Poet, author speaks of the strength of human spirit
While medicine may have the power to heal the body, the spirit takes a stronger tonic. During the keynote address last weekend at a women’s health expo in Cherokee, Dr. Maya Angelou talked about the power of poetry to heal and redeem the spirit.
The slogan of Saturday’s Flourish, a health expo presented by MedWest Health System, was “Mind, Body, Spirit,” and during Angelou’s talk which wound up the day-long event in the Event Center at Harrah’s Cherokee Casino, it was obvious which element she was speaking to.
“I wanted to talk to you about the rainbows in the clouds,” said Angelou, a celebrated poet, civil rights activist, filmmaker, actress, teacher and author of more than 30 bestselling books. “And that somehow, amazingly, we survived. And somehow, amazingly, we thrived.”
For nearly an hour in the main auditorium of the Event Center, Angelou read poetry, sang the blues, told stories and entreated her listeners to go to the library. “Go on Monday,” she said. “Tell them that Ms. Maya Angelou asked me to come to you and asked you to direct me to some African American poetry.”
Angelou spoke specifically of the historical struggles and experience of African Americans in the United States, the lessons from which she offered to everyone in the audience. “We’re all equals, my friends,” she said, encouraging men and women, young and old, of all races, “to develop courage.”
“She talked about strength and personal power, which was really a strong theme here today,” said Susan Macon, who was at the expo with REACH of Haywood County. Like many participants, Macon felt Angelou’s talk was a perfect complement to a day of talking and reflecting on women’s health issues.
For Jennifer Turner-Lynn, Angelou addressed issues that were directly relevant to her work as a director of rape prevention/ education at REACH of Macon County.
“A lot of the reasons we do the work that we do is because so many women feel under valued or dehumanized,” she said. “When she was talking about black men buying into stereotypes, women also buy into the stereotypes of what they see, and they think that’s what they should want.”
“That’s the message we need to give to our young people: ‘You’re not just alright, you’re better than alright,’” Turner-Lynn said. “It doesn’t matter who you are and it doesn’t matter what you’ve done, all that matters to people is how you’ve made them feel.”
The day’s events were kicked off with a talk by humorist Jeanne Robertson. Numerous breakout sessions on various topics and health screenings were held throughout the day for the hundreds of participants who attended the event.
“It was incredible,” said Penny Poore, who co-chaired the Flourish expo. “We were just thrilled by the participation today.
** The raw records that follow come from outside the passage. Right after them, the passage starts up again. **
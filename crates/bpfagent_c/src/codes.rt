//! Replies, places and stops as the numbers that the header names.
ghost use Rattle.std.specs.Prelude.{◌≡◌, ◌≢◌, ℕ, Some, IfSome, IfNone};
ghost use Rattle.debugger.specs.declared.shown.State.{State};
ghost use Rattle.world.specs.Answers.{denied};
ghost use Rattle.world.specs.Machines.{refused_stack};
ghost use Rattle.bpfagent_c.specs.Codes.{code_of, code_of_back, code_of_end, code_of_fault, code_of_moved, code_of_place, code_of_reply};
ghost use Rattle.bpfagent_c.specs.Codes.{code_of_state, code_of_step, code_of_text, code_of_why, number_of_place, place_numbered, stop_of_state};

use crate::numbers::{
    AWAY, DAMAGED, FAR, FAULT_FAR, FAULT_HERE, FULL, GOES_ON, HERE, HIT, IS_FAR, IS_HERE,
    IS_LEAVING, IS_PAUSED, IS_RETURNING, IS_STOPPED, LEAVING, NOAGENT, NOMEM, NONE, NOROOM, NOSLOT,
    NOTPAUSED, NOWATCH, OK, OUTSIDE, PAUSED, RAN, REFUSED, RETURNING, RUNNING, SCOPED, STOPPED,
    WAITING,
};
use asm_grammar::Why as WrongText;
use debugger::{Debugged, ShowReply, State, StepReply};
use far_store::StoreFault;
use loader::Why;
use machine::Stop;
use object_store::{Denied, Moved, Place};
use world::{Reply, StackError};

/// The number of what a call answers.
pub(crate) fn code_of(given: &Option<Reply>) -> u32
    ensures { result ≡ code_of given.now }
{
    match given {
        None => NOAGENT,
        Some(reply) => code_of_reply(reply),
    }
}

/// The number of a reply.
fn code_of_reply(reply: &Reply) -> u32
    ensures { result ≡ code_of_reply reply.now }
{
    match reply {
        Reply::Freed { moved, .. } => code_of_moved(*moved, Place::Here),
        Reply::Moved { kind, moved, .. } => code_of_moved(*moved, kind.back()),
        Reply::Stepped { reply, .. } => code_of_step(*reply),
        Reply::NoMemory
        | Reply::Shown {
            reply: ShowReply::NoMemory,
            ..
        } => NOMEM,
        Reply::Full | Reply::Debugged(Debugged::Full) => FULL,
        Reply::NoRoom => NOROOM,
        Reply::Outside
        | Reply::Shown {
            reply: ShowReply::Outside,
            ..
        }
        | Reply::Debugged(Debugged::Outside) => OUTSIDE,
        Reply::Away { .. } => AWAY,
        Reply::Shown {
            reply: ShowReply::NoSlot,
            ..
        }
        | Reply::Debugged(Debugged::NoSlot) => NOSLOT,
        Reply::Debugged(Debugged::NoWatch) => NOWATCH,
        Reply::Debugged(Debugged::NotPaused) => NOTPAUSED,
        Reply::Refused(_) => REFUSED,
        Reply::Missing => NONE,
        _ => OK,
    }
}

/// The number of an access that is denied.
pub(crate) fn code_of_denied(why: Denied) -> u32
    ensures number { (object : ℕ) → result ≡ code_of_reply (denied object why) }
    ensures memory { result ≢ NOMEM }
{
    match why {
        Denied::Outside => OUTSIDE,
        Denied::Away => AWAY,
    }
}

/// The number of a reading of a stack that is refused.
pub(crate) fn code_of_stack(error: StackError) -> u32
    ensures number { (machine : ℕ) → result ≡ code_of_reply (refused_stack machine error) }
    ensures memory { result ≢ NOMEM }
{
    match error {
        StackError::Missing => NONE,
        StackError::Outside => OUTSIDE,
    }
}

/// The number that says in which place an object is.
fn code_of_place(place: Place) -> u32
    ensures { result ≡ code_of_place place }
{
    match place {
        Place::Here => IS_HERE,
        Place::Leaving => IS_LEAVING,
        Place::Far => IS_FAR,
        Place::Returning => IS_RETURNING,
    }
}

/// The number that says in which place an object is again.
fn code_of_fault(place: Place) -> u32
    ensures { result ≡ code_of_fault place }
{
    match place {
        Place::Here => FAULT_HERE,
        _ => FAULT_FAR,
    }
}

/// The number of what a step was answered.
pub(crate) fn code_of_step(reply: StepReply) -> u32
    ensures { result ≡ code_of_step (Some reply) }
{
    match reply {
        StepReply::Ran(_) => RAN,
        StepReply::Hit(_) => HIT,
        StepReply::Waiting(_) => WAITING,
        StepReply::Paused(_) => PAUSED,
        StepReply::Stopped(_) => STOPPED,
    }
}

/// The number of what a run ended with.
pub(crate) fn code_of_end(end: Option<StepReply>) -> u32
    ensures { result ≡ code_of_end end }
{
    match end {
        None => RAN,
        Some(reply) => code_of_step(reply),
    }
}

/// The number of whether a machine goes on.
pub(crate) fn code_of_state(state: State) -> u32
    ensures { result ≡ code_of_state state }
{
    match state {
        State::Running => RUNNING,
        State::Paused => IS_PAUSED,
        State::Stopped(_) => IS_STOPPED,
    }
}

/// The number of the stop of a machine that is stopped; `GOES_ON` for another.
pub(crate) fn stop_of_state(state: State) -> u32
    ensures { result ≡ stop_of_state state }
{
    match state {
        State::Stopped(stop) => stop.number(),
        _ => GOES_ON,
    }
}

/// The state of its number and of its stop's, which is `GOES_ON` for a machine that isn't stopped.
pub(crate) fn state_numbered(state: u32, stop: u32) -> Option<State>
    ensures some { IfSome result (λ found. (code_of_state found ≡ state) × (stop_of_state found ≡ stop)) }
    ensures none { IfNone result ((one : State) → code_of_state one ≡ state → stop_of_state one ≢ stop) }
{
    match (state, stop) {
        (RUNNING, GOES_ON) => Some(State::Running),
        (IS_PAUSED, GOES_ON) => Some(State::Paused),
        (IS_STOPPED, _) => match Stop::numbered(stop) {
            Some(found) => Some(State::Stopped(found)),
            None => None,
        },
        _ => None,
    }
}

/// The number of what came of a move, or of freeing, after which the object is back in a place where the far store fails.
pub(crate) fn code_of_moved(moved: Moved, back: Place) -> u32
    ensures { result ≡ code_of_moved back moved }
{
    match moved {
        Moved::Done => OK,
        Moved::NoObject => NONE,
        Moved::Misplaced(place) => code_of_place(place),
        Moved::Scoped => SCOPED,
        Moved::NoRoom => NOROOM,
        Moved::Fault(_) => code_of_fault(back),
    }
}

/// The number of what was answered where bytes came back. Bytes that are others have a number of their own.
pub(crate) fn code_of_back(moved: Moved) -> u32
    ensures { result ≡ code_of_back moved }
{
    if moved == Moved::Fault(StoreFault::Damaged) {
        return DAMAGED;
    }
    code_of_moved(moved, Place::Far)
}

/// The number of a place.
pub(crate) fn number_of_place(place: Place) -> u32
    ensures { result ≡ number_of_place place }
{
    match place {
        Place::Here => HERE,
        Place::Leaving => LEAVING,
        Place::Far => FAR,
        Place::Returning => RETURNING,
    }
}

/// The place of a number.
pub(crate) fn place_numbered(number: u32) -> Option<Place>
    ensures { result ≡ place_numbered number }
{
    match number {
        HERE => Some(Place::Here),
        LEAVING => Some(Place::Leaving),
        FAR => Some(Place::Far),
        RETURNING => Some(Place::Returning),
        _ => None,
    }
}

/// The number for code that is refused for this reason.
pub(crate) fn code_of_why(why: Why) -> u32
    ensures { result ≡ code_of_why why }
{
    match why {
        Why::Memory => NOMEM,
        _ => REFUSED,
    }
}

/// The number for a text that is refused for this reason.
pub(crate) fn code_of_text(why: WrongText) -> u32
    ensures { result ≡ code_of_text why }
{
    match why {
        WrongText::Memory => NOMEM,
        _ => REFUSED,
    }
}
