//! Code is checked, assembled and shown, without an agent.
ghost use Rattle.std.specs.Prelude.{◌≡◌, Option, Result, List, ℕ, Ok, Err, IfOk, IfErr};
ghost use Rattle.asm_grammar.specs.Reasons.{why_number};
ghost use Rattle.assembler.specs.declared.error.AsmError.{AsmError};
ghost use Rattle.loader.specs.declared.loading.LoadError.{LoadError};
ghost use Rattle.bpfagent_c.specs.declared.texts.LineError.{LineError};
ghost use Rattle.bpfagent_c.specs.Codes.{code_of_text};
ghost use Rattle.bpfagent_c.specs.Texts.{Assembles, Checks, Lines, code_of_assembly, code_of_check, code_of_line, found_count, found_over, refusal_of_check};
ghost use Rattle.bpfagent_c.specs.Texts.{wrong_by, wrong_of};

use crate::codes::{code_of_text, code_of_why};
use crate::numbers::{NOMEM, NOSLOT, OK, REFUSED};
use crate::shown::{Refusal, write_bytes};
use asm_grammar::Why as WrongText;
use assembler::{AsmError, assemble_bytes};
use disassembler::line;
use loader::{LoadError, Why, encode_all, load};
use std::alloc::Global;

/// Why a text isn't assembly.
#[repr(C)]
#[derive(Clone, Copy, Drop)]
pub struct WrongLine {
    /// The line, counted from 1.
    pub line: u64,
    /// The reason's number.
    pub reason: u32,
}

/// Why an instruction isn't shown.
#[derive(Clone, Copy, Drop)]
pub(crate) enum LineError {
    /// The code isn't valid.
    Refused,
    /// No instruction begins at the slot.
    NoSlot,
    /// Out of memory.
    Memory,
}

// ---- code

/// What is wrong with code, if anything is.
fn fault_of(alloc: Global, code: &[u8]) -> Option<LoadError>
    ensures { Checks code.now result }
{
    match load(alloc, code) {
        Ok(_) => None,
        Err(error) => Some(error),
    }
}

impl Refusal {
    /// Writes what is wrong with code, but where memory ran out, and tells its number.
    fn tell(&mut self, found: Option<LoadError>) -> u32
        ensures number { result ≡ code_of_check found }
        ensures written { self.new ≡ refusal_of_check found self.old }
    {
        let Some(error) = found else {
            return OK;
        };
        if error.why != Why::Memory {
            *self = Refusal::of(&error);
        }
        code_of_why(error.why)
    }
}

/// Tells whether code is valid, and what is wrong with it where it isn't.
#[unsafe(no_mangle)]
pub extern "C" fn bpfagent_check(alloc: Global, code: &[u8], refusal: &mut Refusal) -> u32
    ensures { (found : Option LoadError) × Checks code.now found × (result ≡ code_of_check found) × (refusal.new ≡ refusal_of_check found refusal.old) }
{
    let found = fault_of(alloc, code);
    refusal.tell(found)
}

// ---- assembly

/// The code that a text spells.
fn assembled(alloc: Global, text: &[u8]) -> Result<Vec<u8>, AsmError>
    ensures ok { IfOk result (λ code. Assembles text.now (Ok code.items)) }
    ensures err { IfErr result (λ error. Assembles text.now (Err error)) }
{
    let instrs = match assemble_bytes(alloc, text) {
        Ok(instrs) => instrs,
        Err(error) => return Err(error),
    };
    match encode_all(alloc, instrs.as_slice()) {
        Ok(code) => Ok(code),
        Err(_) => Err(AsmError {
            line: 0,
            why: WrongText::Memory,
        }),
    }
}

impl WrongLine {
    /// Writes what is wrong with a text, but where memory ran out, and tells its number.
    fn tell(&mut self, error: &AsmError) -> u32
        ensures number { result ≡ code_of_text error.now.why }
        ensures written { self.new ≡ wrong_by error.now.why error.now.line self.old }
    {
        if error.why != WrongText::Memory {
            *self = WrongLine {
                line: error.line as u64,
                reason: error.why.number() as u32,
            };
        }
        code_of_text(error.why)
    }
}

/// Turns assembly into code: as many bytes as there is room for, and how many it has.
#[unsafe(no_mangle)]
pub extern "C" fn bpfagent_assemble(
    alloc: Global,
    text: &[u8],
    code: &mut [u8],
    count: &mut usize,
    wrong: &mut WrongLine,
) -> u32
    ensures { (found : Result (List ℕ) AsmError) × Assembles text.now found × (result ≡ code_of_assembly found) × (code.new ≡ found_over found code.old)
        × (count.new ≡ found_count found count.old) × (wrong.new ≡ wrong_of found wrong.old) }
{
    match assembled(alloc, text) {
        Ok(found) => {
            write_bytes(code, found.as_slice());
            *count = found.len();
            OK
        }
        Err(error) => wrong.tell(&error),
    }
}

// ---- lines

/// The line of the instruction at a slot of the code.
fn line_at(alloc: Global, code: &[u8], slot: u32) -> Result<Vec<u8>, LineError>
    ensures ok { IfOk result (λ text. Lines code.now slot (Ok text.items)) }
    ensures err { IfErr result (λ error. Lines code.now slot (Err error)) }
{
    let program = match load(alloc, code) {
        Ok(program) => program,
        Err(error) if error.why == Why::Memory => return Err(LineError::Memory),
        Err(_) => return Err(LineError::Refused),
    };
    let Some(instr) = program.at(slot as usize) else {
        return Err(LineError::NoSlot);
    };
    let mut text = Vec::new(alloc);
    match line(&instr, &mut text) {
        Ok(()) => Ok(text),
        Err(_) => Err(LineError::Memory),
    }
}

/// The number for an instruction that isn't shown.
fn code_of_error(error: LineError) -> u32
    ensures { result ≡ code_of_line (Err error) }
{
    match error {
        LineError::Refused => REFUSED,
        LineError::NoSlot => NOSLOT,
        LineError::Memory => NOMEM,
    }
}

/// The instruction at a slot of code, as assembly without a line end: as many bytes as there is room for, and how many it has.
#[unsafe(no_mangle)]
pub extern "C" fn bpfagent_text(
    alloc: Global,
    code: &[u8],
    slot: u32,
    text: &mut [u8],
    count: &mut usize,
) -> u32
    ensures { (found : Result (List ℕ) LineError) × Lines code.now slot found × (result ≡ code_of_line found) × (text.new ≡ found_over found text.old)
        × (count.new ≡ found_count found count.old) }
{
    match line_at(alloc, code, slot) {
        Ok(found) => {
            write_bytes(text, found.as_slice());
            *count = found.len();
            OK
        }
        Err(error) => code_of_error(error),
    }
}
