//! The program, as a function of its arguments and its three streams.
#![tactic(auto)]

mod arguments;
mod assembly;
mod commands;
mod failure;
mod front;
mod reporting;
mod running;
mod servers;
mod theorems;

pub use arguments::{
    Asked, Server, Serving, Showing, Storing, Task, VERSION, invalid_arguments, invalid_budgets,
    read_arguments, right_arguments, right_arguments_name_a_task, right_budgets, right_flags,
    right_ports, right_services,
};
pub use assembly::dis;
pub use failure::{ExitStatus, Failure};
pub use front::{do_task, show_answer, tool};
pub use reporting::refuse_arguments;
pub use running::run;
pub use servers::{ServeFault, run_service, run_store};
pub use theorems::{
    closing_theorem, each_step_is_its_row, one_legal_history, replies_are_explained, run_theorem,
    safe_and_total,
};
People were inspired. I felt a camaraderie among the women and that there is a need out there to be enriched, mind, body and spirit.”
Poore says the organizers of the expo are already making plans for the next Flourish. “I am already excited about next year, but, boy, have we raised the bar. We hope to make this an annual event that embraces the women of Western North Carolina.”
“We are amazingly resilient,” Angelou said. Whether she was speaking of the history of her ancestors or of the history of women, her message was one of hope and healing. “Bragging” on the people who were rainbows in her clouds, poets and people who gave her strength, Angelou also spoke to the power of community such as the one brought together at Flourish.